* Task details
Scan the entries for lines with the word "recording", then copy those lines.

(Dataset entries)

--- START ---

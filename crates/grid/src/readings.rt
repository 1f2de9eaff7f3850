// What was measured of a recording's frames.
ghost use Rattle.std.specs.Prelude.{◌≡◌, ℕ, T, get_or};
ghost use Rattle.std.specs.Float.{nan, binary32, binary64};
ghost use Rattle.std.specs.Float.Ieee.{fits};

// The lists that are lent beside a recording's numbers: a value and a flag for each frame, and for decibels a level.
// The ghost fields are what the lists' types say of their elements: laws on levels and costs ask for it.
#[derive(Clone, Copy)]
pub struct Readings<'a> {
    pub values: &'a [f32],
    pub flags: &'a [u8],
    pub levels: &'a [f64],
    pub ghost values_fit: { (i : ℕ) → T (fits binary32 (get_or values.now i nan)) },
    pub ghost levels_fit: { (i : ℕ) → T (fits binary64 (get_or levels.now i nan)) },
}

impl<'a> Readings<'a> {
    // For who holds arrays that a call filled: of these a literal finds no ghost field, of lent slices it does.
    pub fn over(values: &'a [f32], flags: &'a [u8], levels: &'a [f64]) -> Readings<'a>
        ensures values_are { result.values.now ≡ values.now }
        ensures flags_are { result.flags.now ≡ flags.now }
        ensures levels_are { result.levels.now ≡ levels.now }
    {
        Readings {
            values,
            flags,
            levels,
        }
    }
}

--- END ---

* Response box
// What was measured of a recording's frames.
// The lists that are lent beside a recording's numbers: a value and a flag for each frame, and for decibels a level.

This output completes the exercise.